[Spellyans] eCornish practise

Nicholas Williams njawilliams at gmail.com
Sun Jan 24 20:30:19 GMT 2016


I would explain matters as follows:

Old Cornish -d- is assibiliated to -dz-; 
This either simplifies to z (written s) or is palatalised to dzh (the sound of English j).
Thus in Middle Cornish one finds both wose, wosa ‘after’ and woge; or gallosek and gallogek.
Such variants forms are dialectal and co-exist.
Late Cornish often has g, j where Middle Cornish has s. This does not mean that -s- has become j, but
rather that LC exhibits the j-form where the s-form is commoner in MC.
It should be noted however that only the reflex of OC -d- can exhibit -j- in Late Cornish.
So lagagow ‘eyes’, the LC plural of lagas < OC lagat is fine.
But words ending in -es like arlodhes, myternes, pehadùres, etc. never contained d. The 
final s is the reflex of OC s, and MC s from the Latin feminine suffix -issa.
It is therefore probably not authentic to spell the plural of such words with *-ejow.
The Late Cornish words maternas ‘queen’ (Ma tha vee treall en cort an Vaternes Bilbao MS), arlodhas (’Ma lever bean rebbam dro tho an
Arlothas Curnow NBoson) and LC *lenes ‘nun’ (not attested in LC but occurs in OC as laines ‘nun’) in my
view should have a plural in -esow rather than -ejow, because the suffix -es in all three derives 
from original s not s < d. 

It is also to be noted that LC often shows -s- in words that had -d- in OC.
The long forms of bos are a case in point.  One does find -j- forms in Middle Cornish,
e.g.

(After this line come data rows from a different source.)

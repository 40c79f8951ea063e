//! What holds of views by the definitions alone. Each function does nothing: its contract is a law,
//! which a caller has where it calls the function.

ghost use Rattle.soap_envelope.specs.Laws.{BodiesAreNamed, BodiesStand, FaultsAreViewed, NamesAreAll, PrefixesAreFree, RelatesAreKept, RepliesAreViewed, UnfitNamesAreUnfit};
ghost use Rattle.soap_envelope.specs.Sizes.{UnfitBodiesAreUnfit};

/// A reply is an envelope of its version whose Action is the request's followed by `Response`,
/// whose RelatesTo has the given texts, and whose Body has the given content. The names of the
/// content have to be good where only the reply's own two prefixes are declared.
pub fn replies()
    ensures viewed { RepliesAreViewed }
    ensures relates { RelatesAreKept }
{}

/// The content of Body, as a view has it, may be put into any reply in its version: its names are
/// good there and mean what they mean in its document, and the reply's view has the same content.
/// If the content doesn't fit a quota, no reply with it does.
pub fn bodies()
    ensures stand { BodiesStand }
    ensures named { BodiesAreNamed }
    ensures unfit { UnfitBodiesAreUnfit }
{}

/// A fault is an envelope of its version whose Body has one Fault and nothing else, and whose
/// Action is that of its subcode. If its names don't fit the quotas, it doesn't either.
pub fn faults()
    ensures viewed { FaultsAreViewed }
    ensures unfit { UnfitNamesAreUnfit }
{}

/// What is seen of a document depends on the namespaces that its prefixes are bound to, and on no
/// prefix: documents with the same resolved names and values, item by item, have the same blocks,
/// action, reply address and MessageID, or are refused for the same reason at the same item. So do
/// a document and the same one with other prefixes for its namespaces. The content of Body keeps
/// its prefixes.
pub fn prefixes()
    ensures names { NamesAreAll }
    ensures renamed { PrefixesAreFree }
{}
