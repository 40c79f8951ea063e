//! Replies as documents.

ghost use Rattle.std.specs.Prelude.{◌≡◌, ◌++◌, [], IfOk, IsTrue, OnOk};
ghost use Rattle.std.specs.Str.{is_utf8};
ghost use Rattle.nbfx_values.specs.Documents.{IsDocument};
ghost use Rattle.soap_envelope.specs.Making as spec;
ghost use Rattle.soap_envelope.specs.Sizes.{head_items};
ghost use Rattle.soap_envelope.specs.Making.{AreTexts, IsContent, action_block, ending, envelope_items, middle, opening, relates_block, reply_items};

use crate::moving::turned;
use crate::namespaces::SOAP;
use crate::puts::{put_attribute, put_close, put_copies, put_start, put_text, put_xmlns};
use crate::versions::Addressing;
use nbfx_values::{Copied, Doc, Item, Items, Scalar, Txt, Value};
use std::alloc::Global;
use unit_streams::Memory;

// From the root to the first block.
#[tactic(auto, unfolding(crate::specs::Names::soap))]
pub(crate) fn put_opening(
    alloc: Global,
    items: &mut Items,
    version: Addressing,
) -> Result<(), Memory>
    ensures { OnOk result (items.new ≡ items.old ++ opening version) }
{
    put_start(alloc, items, "s", "Envelope")?;
    put_xmlns(alloc, items, "s", SOAP)?;
    put_xmlns(alloc, items, "a", version.namespace())?;
    put_start(alloc, items, "s", "Header")?;
    Ok(())
}

// The Action block.
pub(crate) fn put_action(alloc: Global, items: &mut Items, action: Txt) -> Result<(), Memory>
    ensures { OnOk result (items.new ≡ items.old ++ action_block action) }
{
    put_start(alloc, items, "a", "Action")?;
    let one = Value::One(Scalar::Number(1));
    put_attribute(alloc, items, "s", "mustUnderstand", one)?;
    put_text(items, action)?;
    put_close(items)?;
    Ok(())
}

// The RelatesTo block, if the message that is answered has an identifier.
pub(crate) fn put_relates(alloc: Global, items: &mut Items, relates: &[Item]) -> Result<(), Memory>
    ensures { OnOk result (items.new ≡ items.old ++ relates_block relates.now) }
{
    if relates.is_empty() {
        return Ok(());
    }
    put_start(alloc, items, "a", "RelatesTo")?;
    put_copies(items, relates)?;
    put_close(items)?;
    Ok(())
}

// From the end of Header to the content of Body.
pub(crate) fn put_middle(alloc: Global, items: &mut Items) -> Result<(), Memory>
    ensures { OnOk result (items.new ≡ items.old ++ middle) }
{
    put_close(items)?;
    put_start(alloc, items, "s", "Body")?;
    Ok(())
}

// The ends of Body and of the root.
pub(crate) fn put_ending(items: &mut Items) -> Result<(), Memory>
    ensures { OnOk result (items.new ≡ items.old ++ ending) }
{
    put_close(items)?;
    put_close(items)?;
    Ok(())
}

// The document with these items.
pub(crate) fn document(items: Items) -> Doc
    requires { IsDocument items }
    ensures { result ≡ items }
{
    match Doc::of(items) {
        Ok(doc) => doc,
        Err(_) => unreachable!(),
    }
}

// The action of the reply to a request.
fn response_action(alloc: Global, action: &str) -> Result<Txt, Memory>
    ensures same { IfOk result (λ text. text ≡ spec.response_action action.now) }
    ensures utf8 { IfOk result (λ text. IsTrue (is_utf8 text)) }
{
    let mut text = String::with_capacity(alloc, action.len() + "Response".len())?;
    text.push_str(action)?;
    text.push_str("Response")?;
    let text = Txt::from(text);

    // Characters are UTF-8.
    let _characters = text.as_str();
    Ok(text)
}

// A reply with this action, up to the content of Body.
fn put_head(
    alloc: Global,
    items: &mut Items,
    version: Addressing,
    action: Txt,
    relates: &[Item],
) -> Result<(), Memory>
    ensures { OnOk result (items.new ≡ items.old ++ head_items version action relates.now) }
{
    put_opening(alloc, items, version)?;
    put_action(alloc, items, action)?;
    put_relates(alloc, items, relates)?;
    put_middle(alloc, items)?;
    Ok(())
}

// A reply with this action. What stands before the content of Body is put behind it, and changes
// place with it then, so that there is one list of items, that of the content.
fn reply_with(
    alloc: Global,
    version: Addressing,
    action: Txt,
    relates: &[Item],
    body: Items,
) -> Result<Items, Memory>
    ensures { IfOk result
        (λ items. items ≡ envelope_items version action relates.now [] body) }
{
    let mut items = body;
    let content = items.len();
    put_head(alloc, &mut items, version, action, relates)?;
    let mut items = turned(items, content);
    put_ending(&mut items)?;
    Ok(items)
}

/// The reply to a request with this action, as an envelope of SOAP 1.2 (Part 1, 5) with the
/// properties of a reply (WS-Addressing 1.0, Core, 3.4), in the request's version of addressing:
/// its Action is the request's, followed by `Response`; its RelatesTo has these texts, those of the
/// request's MessageID; its Body has a copy of this content. It fails without memory for it.
pub fn reply_doc(
    alloc: Global,
    version: Addressing,
    action: &str,
    relates: &Items,
    body: &Items,
) -> Result<Doc, Memory>
    requires texts { AreTexts relates.now }
    requires content { IsContent body.now }
    ensures { IfOk result (λ doc. doc ≡ reply_items version action.now relates.now body.now) }
{
    reply_doc_with(alloc, version, action, relates, body.copy()?)
}

/// The same reply, but the content isn't copied: its list becomes the reply's. It fails without
/// memory for the rest.
pub fn reply_doc_with(
    alloc: Global,
    version: Addressing,
    action: &str,
    relates: &Items,
    body: Items,
) -> Result<Doc, Memory>
    requires texts { AreTexts relates.now }
    requires content { IsContent body }
    ensures { IfOk result (λ doc. doc ≡ reply_items version action.now relates.now body) }
{
    let action = response_action(alloc, action)?;
    let items = reply_with(alloc, version, action, relates.as_slice(), body)?;
    Ok(document(items))
}
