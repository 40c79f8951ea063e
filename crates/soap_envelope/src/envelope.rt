//! The view of a document as an envelope.

ghost use Rattle.std.specs.Prelude.{◌≡◌, ◌≢◌, ◌++◌, Err, IfOk, IfSome, IsTrue, MatchResult, Ok, OnOk, slice_get};
ghost use Rattle.std.specs.List.{list_all};
ghost use Rattle.std.specs.Option.{option_copied, option_map};
ghost use Rattle.nbfx_values.specs.Documents.{IsDocument};
ghost use Rattle.nbfx_values.specs.Items.{is_valid_item};
ghost use Rattle.nbfx_values.specs.QuotasOf.{limits_of};
ghost use Rattle.soap_envelope.specs.Characters as characters;
ghost use Rattle.soap_envelope.specs.Fitting.{fitting};
ghost use Rattle.soap_envelope.specs.Making.{AreTexts, IsContent};
ghost use Rattle.soap_envelope.specs.Parts.{root_scope};
ghost use Rattle.soap_envelope.specs.Seen.{BodyStands, HasBody};
ghost use Rattle.soap_envelope.specs.Understanding as understanding;
ghost use Rattle.soap_envelope.specs.View as spec;
ghost use Rattle.soap_envelope.specs.View.{header_children, header_scope, view};

use crate::blocks::{Block, Blocks, Names, QualifiedName};
use crate::body::body_items;
use crate::children::{Children, behind};
use crate::headers::{
    Header, counted_at, first_bad, first_repeated, foreign_names, header_of, only_address,
};
use crate::names::bad_name;
use crate::parts::{Parts, kept_children, parts_of, wrong_root};
use crate::refusals::SoapFault;
use crate::scopes::Scopes;
use crate::texts::text_of;
use crate::versions::{Addressing, version_of};
use nbfx_values::{Copied, Doc, Item, Items, Quotas, Txt};
use std::alloc::Global;
use std::marker::Model;
use unit_streams::Memory;

/// The view of a document as an envelope of SOAP 1.2 (Part 1, 5) with the message addressing
/// properties of WS-Addressing (1.0, Core, 3), by which servers and callers go.
#[derive(Drop)]
pub struct Envelope<'d> {
    items: &'d [Item],
    blocks: Blocks<'d>,
    version: Addressing,
    action: Option<Txt>,
    reply_address: Option<Txt>,
    message: Option<usize>,
    body: usize,
}

impl<'d> Model for Envelope<'d> {
    ghost use Rattle.soap_envelope.specs.View.{View};
    ghost use Rattle.soap_envelope.specs.Seen.{HasBody, seen};

    ghost Value = { View };

    ghost view = { λ e. seen e.items.now e.blocks e.version e.action e.reply_address e.message e.body };

    ghost invariant = { λ e. HasBody e.items.now e.body };
}

// Into Header, if there is one.
fn enter_header<'d>(
    items: &'d [Item],
    scopes: &mut Scopes<'d>,
    header: Option<usize>,
) -> Result<(), Memory>
    requires { scopes.old ≡ root_scope items.now }
    ensures { OnOk result (scopes.new ≡ header_scope items.now header) }
{
    if let Some(at) = header {
        scopes.enter(behind(items, at))?;
    }
    Ok(())
}

// The children of Header that aren't passed over.
fn children_in_header(
    alloc: Global,
    items: &[Item],
    header: Option<usize>,
) -> Result<Vec<usize>, Memory>
    requires { IsTrue (list_all is_valid_item items.now) }
    ensures { IfOk result (λ children. children.items ≡ header_children items.now header) }
{
    match header {
        Some(at) => kept_children(alloc, items, at),
        None => Ok(Vec::new(alloc)),
    }
}

// The first fault of a Header.
fn fault_in<'d>(
    alloc: Global,
    version: Addressing,
    items: &'d [Item],
    scopes: &mut Scopes<'d>,
    header: &Header<'d>,
) -> Result<Option<SoapFault>, Memory>
    requires { IsTrue (list_all is_valid_item items.now) }
    ensures fault { IfOk result (λ fault. fault
        ≡ spec.fault_among version items.now scopes.old header.now.bad header.now.blocks) }
    ensures unchanged { OnOk result (scopes.new ≡ scopes.old) }
{
    if let Some(item) = first_repeated(version, header.blocks.as_slice()) {
        return Ok(Some(SoapFault::RepeatedHeader { item }));
    }
    match first_bad(alloc, version, items, scopes, header)? {
        Some(item) => Ok(Some(SoapFault::BadHeader { item })),
        None => Ok(None),
    }
}

// The characters of the element at a place, if there is one.
fn item_text(alloc: Global, items: &[Item], at: Option<usize>) -> Result<Option<Txt>, Memory>
    requires { IsTrue (list_all is_valid_item items.now) }
    ensures { IfOk result (λ text. text ≡ option_map (characters.text_of items.now) at) }
{
    match at {
        Some(at) => {
            let text = text_of(alloc, items, at)?;
            Ok(Some(text))
        }
        None => Ok(None),
    }
}

// The Address of the ReplyTo that counts.
fn reply_address_at<'d>(
    alloc: Global,
    version: Addressing,
    items: &'d [Item],
    scopes: &mut Scopes<'d>,
    blocks: &[Block<'_>],
) -> Result<Option<usize>, Memory>
    requires { IsTrue (list_all is_valid_item items.now) }
    ensures { IfOk result
        (λ at. at ≡ spec.reply_address_at version items.now scopes.old blocks.now) }
{
    match counted_at(version, blocks, "ReplyTo") {
        Some(at) => only_address(alloc, version, items, scopes, at),
        None => Ok(None),
    }
}

// The view, where these are the parts and Header is as the standards have it.
fn envelope_with<'d>(
    alloc: Global,
    version: Addressing,
    items: &'d [Item],
    scopes: &mut Scopes<'d>,
    blocks: Blocks<'d>,
    parts: Parts,
) -> Result<Envelope<'d>, Memory>
    requires body { HasBody items.now parts.body }
    requires scope { scopes.old ≡ header_scope items.now parts.header }
    ensures { IfOk result (λ e. e ≡ spec.viewed_in version blocks.entry items.now parts) }
{
    let action = item_text(
        alloc,
        items,
        counted_at(version, blocks.as_slice(), "Action"),
    )?;
    let address = reply_address_at(alloc, version, items, scopes, blocks.as_slice())?;
    let reply_address = item_text(alloc, items, address)?;
    let message = counted_at(version, blocks.as_slice(), "MessageID");
    Ok(Envelope {
        items,
        blocks,
        version,
        action,
        reply_address,
        message,
        body: parts.body,
    })
}

// The view, where these are the parts, or what is wrong with Header.
fn viewed<'d>(
    alloc: Global,
    items: &'d [Item],
    mut scopes: Scopes<'d>,
    parts: Parts,
) -> Result<Result<Envelope<'d>, SoapFault>, Memory>
    requires body { HasBody items.now parts.body }
    requires scope { scopes ≡ root_scope items.now }
    ensures { IfOk result (λ seen. seen ≡ spec.viewed_by items.now (Ok parts)) }
{
    enter_header(items, &mut scopes, parts.header)?;
    let children = children_in_header(alloc, items, parts.header)?;
    let header = header_of(alloc, items, &scopes, children.as_slice())?;
    let version = version_of(header.blocks.as_slice());
    if let Some(fault) = fault_in(alloc, version, items, &mut scopes, &header)? {
        return Ok(Err(fault));
    }
    let seen = envelope_with(alloc, version, items, &mut scopes, header.blocks, parts)?;
    Ok(Ok(seen))
}

// The view, or the first refusal.
fn view_of<'d>(alloc: Global, items: &'d [Item]) -> Result<Result<Envelope<'d>, SoapFault>, Memory>
    requires { IsDocument items.now }
    ensures { IfOk result (λ seen. seen ≡ view items.now) }
{
    let mut root = Scopes::new(alloc);
    if let Some(item) = bad_name(&mut root, items)? {
        return Ok(Err(SoapFault::BadNames { item }));
    }
    if let Some(fault) = wrong_root(items, &root) {
        return Ok(Err(fault));
    }
    match parts_of(alloc, items, &root)? {
        Ok(parts) => viewed(alloc, items, root, parts),
        Err(fault) => Ok(Err(fault)),
    }
}

// A copy of the text at a place, if one stands there.
fn text_copy(items: &[Item], at: usize) -> Result<Option<Item>, Memory>
    ensures { IfOk result (λ text. text ≡ spec.text_item (slice_get items.now at)) }
{
    match items.get(at) {
        Some(Item::Text(value)) => {
            let value = value.copy()?;
            Ok(Some(Item::Text(value)))
        }
        _ => Ok(None),
    }
}

// Puts the text at a place, if one stands there.
fn put_text_at(out: &mut Items, items: &[Item], at: usize) -> Result<(), Memory>
    ensures { OnOk result (out.new ≡ out.old ++ spec.texts_in items.now at) }
{
    let text = text_copy(items, at)?;
    match text {
        Some(text) => {
            out.push(text)?;
            Ok(())
        }
        None => Ok(()),
    }
}

// The texts of the element at a place.
fn texts_of(alloc: Global, items: &[Item], at: usize) -> Result<Items, Memory>
    ensures { IfOk result (λ texts. texts ≡ spec.texts_of items.now at) }
{
    let mut texts = Items::new(alloc);
    let mut children = Children::of(items, at);
    while let Some(child) = children.next() {
        put_text_at(&mut texts, items, child)?;
    }
    Ok(texts)
}

// The same, if there is one.
fn texts_at(alloc: Global, items: &[Item], at: Option<usize>) -> Result<Items, Memory>
    ensures { IfOk result (λ texts. texts ≡ spec.texts_at items.now at) }
{
    match at {
        Some(at) => texts_of(alloc, items, at),
        None => Ok(Items::new(alloc)),
    }
}

impl<'d> Envelope<'d> {
    /// The view of a document. It fails with the first refusal that applies, or without memory.
    pub fn of(alloc: Global, doc: &'d Doc) -> Result<Envelope<'d>, SoapFault>
        ensures viewed { MatchResult result (λ e. view doc.now ≡ Ok e)
            (λ fault. fault ≢ SoapFault.Memory → view doc.now ≡ Err fault) }
        ensures body { IfOk result (λ e. BodyStands doc.now e) }
    {
        match view_of(alloc, doc.items().as_slice()) {
            Ok(seen) => seen,
            Err(Memory) => Err(SoapFault::Memory),
        }
    }

    /// The header blocks, in order.
    pub fn blocks(&self) -> &Blocks<'d>
        ensures { result.now ≡ self.now.blocks }
    {
        &self.blocks
    }

    /// The version of addressing that the message is in.
    pub fn version(&self) -> Addressing
        ensures { result ≡ self.now.version }
    {
        self.version
    }

    /// The characters of the Action, if there is one that is targeted.
    pub fn action(&self) -> Option<&str>
        ensures { option_copied result ≡ self.now.action }
    {
        match &self.action {
            Some(action) => Some(action.as_str()),
            None => None,
        }
    }

    /// The same characters, owned.
    pub fn into_action(self) -> Option<Txt>
        ensures { result ≡ self.entry.action }
    {
        self.action
    }

    /// The characters of the ReplyTo's Address, if there is a ReplyTo that is targeted.
    pub fn reply_address(&self) -> Option<&str>
        ensures { option_copied result ≡ self.now.reply_address }
    {
        match &self.reply_address {
            Some(address) => Some(address.as_str()),
            None => None,
        }
    }

    /// The texts of the MessageID, in order, if there is one that is targeted; else none. It fails
    /// without memory for a copy.
    pub fn message_id(&self, alloc: Global) -> Result<Items, Memory>
        ensures same { IfOk result (λ texts. texts ≡ self.now.message_id) }
        ensures texts { IfOk result AreTexts }
    {
        texts_at(alloc, self.items, self.message)
    }

    /// A copy of the content of Body that means the same in a reply in its version: each child
    /// element declares what is in scope at Body and it doesn't declare itself. None if that has
    /// more content than the quotas admit, or more bytes in any payload; its declarations may be
    /// many more than the document's. It fails without memory for the copy.
    pub fn body(&self, alloc: Global, quotas: &Quotas) -> Result<Option<Items>, Memory>
        ensures same { IfOk result (λ body. body ≡ fitting (limits_of quotas.now) self.now.body) }
        ensures content { IfOk result (λ body. IfSome body IsContent) }
    {
        body_items(alloc, quotas, self.version, self.items, self.body)
    }

    /// The place of Body's Start in the document's items, counted from 0.
    pub fn body_at(&self) -> usize
        ensures { result ≡ self.now.body_at }
    {
        self.body
    }

    /// The names, in order, of the blocks that are targeted and must be understood, and whose names
    /// aren't among those known. It fails without memory for the list.
    pub fn not_understood(
        &self,
        alloc: Global,
        known: &[QualifiedName<'_>],
    ) -> Result<Names<'d>, Memory>
        ensures { IfOk result
            (λ names. names ≡ understanding.not_understood known.now self.now.blocks) }
    {
        foreign_names(alloc, known, self.blocks.as_slice())
    }
}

Eth egas ow kowsal da ‘You speak well’ BK 626.
Generally speaking however Late Cornish prefers the -s- in the long forms of bos  and these are often rhotacised.
Such rhotacism (i.e. r < s) is attested earlier than LC, in later Middle Cornish in fact:
rag neg eran cregy nanyle regardia gerryow Dew ‘for we do not believe nor regard the words of God’ SA 59.
This example is from ca 1560, i.e. well within the Middle Cornish period. 

Generally speaking it is fair to say that -j- in Late Cornish and in toponyms derives from OC -d-.
Where -s- in Middle Cornish is -s- in Old Cornish, it should probably be -s- in Late Cornish also.
The Late Cornish for ‘nuns’ in my view should therefore be written lenesow.